The feeble glimmer revealed only a portion of what seemed a great vault.

"I'll creep in for a moment, out av the cowld," says Paddy, "and stand in a corner; sure there can't be any crayture worse than meself in the cave."

It was an eerisome situation enough, but our gallant Irishman did not mind it a bit.

For fully five minutes he smoked, when he thought, or fancied he thought, he heard a sigh.

"It's draining I am entoirely; who could be there; at all?"

Presently the sigh--a heavy, long-drawn one--was repeated. There could be no mistake about it this time.

"Ghost of Saint Patrick!" thinks Paddy; "is it in the cave av an evil spirit I am? But never moind, it's sleeping he is, anyhow. I'll have a look, and chance it."

Taking half a dozen hearty puffs to give him courage, Paddy quietly advanced. He had not gone three paces when--behold, curled up at his feet, a gigantic yellow bear!

"Is it there you are, me darlint?" Paddy whispers to himself. "But troth, I just remember it's toime I was going, so good night, me dear, and bad drames to ye."

Now Bruin has excellent scent, and Paddy's tobacco was good and strong, so no wonder he awoke. He rose to his forepaws, opening a great red mouth that would have sheltered a coal-scuttle, and giving vent as he did so to a yawning roar that appeared to shake the very cave.

Paddy threw the almost extinct match into the gulf and fled, with Bruin at his heels.

Byarnie was very fond of Paddy O'Connell, and when his friend stayed so long away, naturally grew anxious, and finally started off to look for him. He would not take a rifle, "because," he argued, "if Paddy wasn't afraid, sure I'm not." But he armed himself with that most deadly weapon, a seal club, and away he strode. On and on went the giant over the snowy hills; but Paddy's track, that he tried for a time to follow, was as devious as a rabbit's.
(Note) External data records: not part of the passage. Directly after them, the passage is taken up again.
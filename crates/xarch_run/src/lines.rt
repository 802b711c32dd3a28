ghost use Rattle.std.specs.Prelude.{◌≡◌, ◌≤◌, ℕ, List, [], IfOk};
ghost use Rattle.std.specs.List.{position};
ghost use Rattle.xarch_words.specs.declared.limits.TheConstants.{BATCH};
ghost use Rattle.xarch_run.specs.Lines.{is_line_feed};

use crate::feed::Feed;
use crate::line::Line;
use crate::stop::Stop;
use std::alloc::{AllocError, Global};
use xa_outside::Source;

/// The reader of a batch, and the line that it read last.
#[derive(Drop)]
pub(crate) struct Lines {
    feed: Feed,
    line: Line,
}

impl Lines {
    ghost use Rattle.xarch_run.specs.Feed.{StopIsCaused, budget, pending};
    ghost use Rattle.xarch_run.specs.Shown.{Shows};
    ghost use Rattle.xarch_run.specs.Taking.{PutsPiece, TakesLine};

    pub(crate) fn new(alloc: Global) -> Result<Lines, AllocError>
        ensures empty { IfOk result (λ l. pending l.feed ≡ []) }
        ensures budget { IfOk result (λ l. budget l.feed ≡ BATCH) }
    {
        Ok(Lines {
            feed: Feed::new(alloc)?,
            line: Line::new(alloc),
        })
    }

    pub(crate) fn line(&self) -> &Line
        ensures { result.now ≡ self.now.line }
    {
        &self.line
    }

    /// Reads the next line, and answers whether an LF ended it. Else it ends with the input.
    pub(crate) fn next<S: Source>(&mut self, input: &mut S) -> Result<bool, Stop>
        ensures takes { TakesLine self.old self.new (S.rest input.old) (S.rest input.new) result }
        ensures later { S.faults input.old ≤ S.faults input.new }
        ensures cause { StopIsCaused (S.faults input.old) (S.faults input.new) result }
    {
        self.line.clear();
        loop {
            if !self.feed.has_more(input)? {
                return Ok(false);
            }
            if self.take_piece()? {
                return Ok(true);
            }
        }
    }

    /// Puts the pending bytes to the line, up to the first LF, and answers whether there is one.
    fn take_piece(&mut self) -> Result<bool, AllocError>
        ensures puts { (line : List ℕ) → Shows self.old.line line
            → IfOk result (PutsPiece self.old self.new line) }
        ensures left { self.new.feed.left ≡ self.old.feed.left }
    {
        match line_feed_in(self.feed.pending()) {
            Some(at) => {
                self.line.add(&self.feed.pending()[..at])?;
                self.feed.skip(at + 1);
                Ok(true)
            }
            None => {
                self.line.add(self.feed.pending())?;
                self.feed.skip(self.feed.pending().len());
                Ok(false)
            }
        }
    }
}

/// Where the first LF is.
fn line_feed_in(bytes: &[u8]) -> Option<usize>
    ensures { result ≡ position is_line_feed bytes.now }
{
    bytes.iter().position(|byte| *byte == b'\n')
}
When he was just about to give up in despair, who should he see but his friend himself coming round the brow of the hill--it could be n.o.body else.

But when Paddy disappeared suddenly from view as effectually as if he had sunk into the bowels of the earth, then no wonder big Byarnie rubbed his eyes and stared in astonishment.

Byarnie was superst.i.tious.

"'Twas his ghost," he thought; "poor Paddy is dead, and that was his spirit!"

And down there on his knees, under the flickering aurora, knelt big Byarnie to pray. While thus devotionally engaged, he was startled by a roar that made him feel as if the earth was going to open and swallow him, and yonder behold poor Paddy running towards him more quickly than he had ever run before, and followed by something large and yellow.

Byarnie spat on his hands, and threw away his cap.

Well, I do not wonder, mind you, at Bruin's wrath. How would any one like to be wakened from sweet dreamland, and have the fiery end of a lucifer match pitched down his throat?

"Come on, Paddy," roared Byarnie.

"Sure ain't I coming as fast as I can?" cried poor innocent Paddy.

As the bear went floundering past, Byarnie struck at him with terrible force.

The steel point of the club entered his neck, but held there, and both Byarnie and Bruin rolled together on the ground, the former undermost, and the blood flew spattering over the snow.